The way to avoid falling into this trap is to pay close attention to the little voice in the back of your head that is whispering “something is wrong with this picture.” This is not always easy to do. When you badly want to be in a relationship and the guy is professing his love, or at least his interest in you, it is hard to remain objective and exercise the self-control necessary not to fall into the same trap as Annie.

Furthermore, the situation is even more difficult when the guy’s desire to be in a relationship is as great as the woman’s, causing him to believe the declarations of love that he is making. That is, despite what many women believe, all men are not as self-centered as Ted. Of course, predatory men do exist, but I believe they are the exception. My male clients long for satisfying long-term relationships as much as my female clients do. Unfortunately, while a woman’s insecurities put her at risk of being taken advantage of, the combination of a man’s longing to be in a relationship and the effects of testosterone can make a good guy act more self-centered than his normal disposition. In the dance of life, whether you lead or follow, both men and women are equal participants.

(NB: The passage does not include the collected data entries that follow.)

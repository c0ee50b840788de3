//! What a command changes on the desk.

use kd_commands::Conn;
use kd_match::Condition;
use kd_policy::{Entry, Owner};
use kd_registry::Verdict;
use kd_replies::Request;
use kd_seal::Sealed;
use kd_types::{ConnId, Cookie, Moment, NameFlags, Seat, Text};

/// What a connection brings along when it comes.
#[derive(Debug, Drop)]
pub enum Brought {
    /// Nothing but itself.
    Nothing,
    /// An activator: its name.
    Name(Text),
    /// A policy holder: its entries.
    Entries(Vec<Entry>),
}

/// The change that a plan holds ready, with all memory that it needs.
#[derive(Debug, Drop)]
pub enum Change {
    /// The desk stays as it is.
    Nothing,
    /// A connection comes.
    Arrives {
        conn: Conn,
        brought: Brought,
    },
    /// A connection leaves, and all that it has goes.
    Leaves(ConnId),
    /// The caller of a connection that others closed knows it, and its seat is free again.
    Unblocks(Seat),
    /// A message that expects a reply was placed.
    Expects(Request),
    /// The reply to a request was placed.
    Answers {
        asker: ConnId,
        cookie: Cookie,
    },
    /// A claim on a name; the verdict is the registry's.
    Acquires {
        id: ConnId,
        flags: NameFlags,
        name: Text,
        verdict: Verdict,
    },
    /// The connection's claim on the name goes.
    Releases {
        id: ConnId,
        name: Text,
    },
    /// The connection's bytes are sealed under its next number.
    Seals {
        id: ConnId,
        sealed: Sealed,
    },
    /// The connection's seal of the number goes.
    Unseals {
        id: ConnId,
        number: u64,
    },
    /// The connection has a rule more, in place of those of its cookie where it replaces them.
    AddsRule {
        id: ConnId,
        cookie: Cookie,
        conditions: Vec<Condition>,
        replace: bool,
    },
    /// The connection's rules of the cookie go.
    RemovesRules {
        id: ConnId,
        cookie: Cookie,
    },
    /// The owner has these policy entries in place of those that it had.
    SetsPolicy {
        owner: Owner,
        entries: Vec<Entry>,
    },
    /// There is an endpoint more, with its first entries.
    AddsEndpoint {
        label: Text,
        number: u8,
        entries: Vec<Entry>,
    },
    /// The endpoint goes with its entries and these connections, which are all on it; their seats
    /// are blocked.
    EndsEndpoint {
        endpoint: u8,
        leavers: Vec<ConnId>,
    },
    /// The moment goes on, and what is due goes.
    Passes(Moment),
}
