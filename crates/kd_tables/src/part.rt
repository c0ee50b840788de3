//! What a plan visits, and what the pools answer.

ghost use Rattle.std.specs.Prelude.{◌≡◌};
ghost use Rattle.kd_tables.specs.Drafts.{seat_in};

use kd_types::{Blob, ConnId, Refusal, Seat, SliceNo};

/// One visit of a plan: what is done to the pool of a seat while the desk is held.
#[derive(Debug, Drop)]
pub enum Part {
    /// The pool is opened with this size in bytes; 0 for a policy holder, which has none.
    Raise {
        seat: Seat,
        size: u32,
    },
    /// The pool is closed; without `force` only where no message waits there.
    Close {
        seat: Seat,
        force: bool,
    },
    /// A slice of `len` bytes is reserved for a message of the user and the connection. Where it
    /// `must` be placed, a refusal ends the command; else it is counted as dropped.
    Offer {
        seat: Seat,
        user: u32,
        len: u32,
        from: ConnId,
        must: bool,
    },
    /// A notice of the bus is placed and queued, or is counted as dropped.
    Post {
        seat: Seat,
        image: Blob,
    },
    /// All waiting messages of an activator are taken out of its pool, which has this size in
    /// bytes.
    Drain {
        seat: Seat,
        size: u32,
    },
    /// What was drained is placed and queued for the new owner of the name.
    Settle {
        seat: Seat,
    },
}

impl Part {
    /// The seat whose pool is visited.
    pub fn seat(&self) -> Seat
        ensures { result ≡ seat_in self.now }
    {
        match self {
            Part::Raise { seat, .. }
            | Part::Close { seat, .. }
            | Part::Offer { seat, .. }
            | Part::Post { seat, .. }
            | Part::Drain { seat, .. }
            | Part::Settle { seat } => *seat,
        }
    }
}

/// What a pool answers to a visit.
#[derive(Clone, Copy, Debug, PartialEq, Eq)]
pub enum Out {
    /// It was opened, closed or drained, or took what was drained.
    Done,
    /// A slice of this number was reserved, or holds the notice.
    Slice(SliceNo),
    /// The pool refused, and stays as it was but for what it counts and sweeps.
    Refused(Refusal),
}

In the short run, it’s a lot more fun to give in to temptation and ignore the part of you that is being a buzzkill and telling you that you should exercise restraint—I’m sure that Annie enjoyed her night of being the center of Ted’s world. But in the long run, the price that you pay is feeling bad about yourself and feeling used and taken advantage of. If you’re trying to determine if the guy is a keeper or a jerk, you get a lot more good intel when you set limits out of respect for what you think is right than when you go along with his advances despite your reservations. It’s a good sign if you can say, “I had a great time last night.” It’s a better sign if you can say, “I still feel great” the next day. If you haven’t seen Bridesmaids I don’t want to spoil the ending, but suffice it to say that the movie ended with Annie feeling great, and the angst that I experienced in the beginning was gone.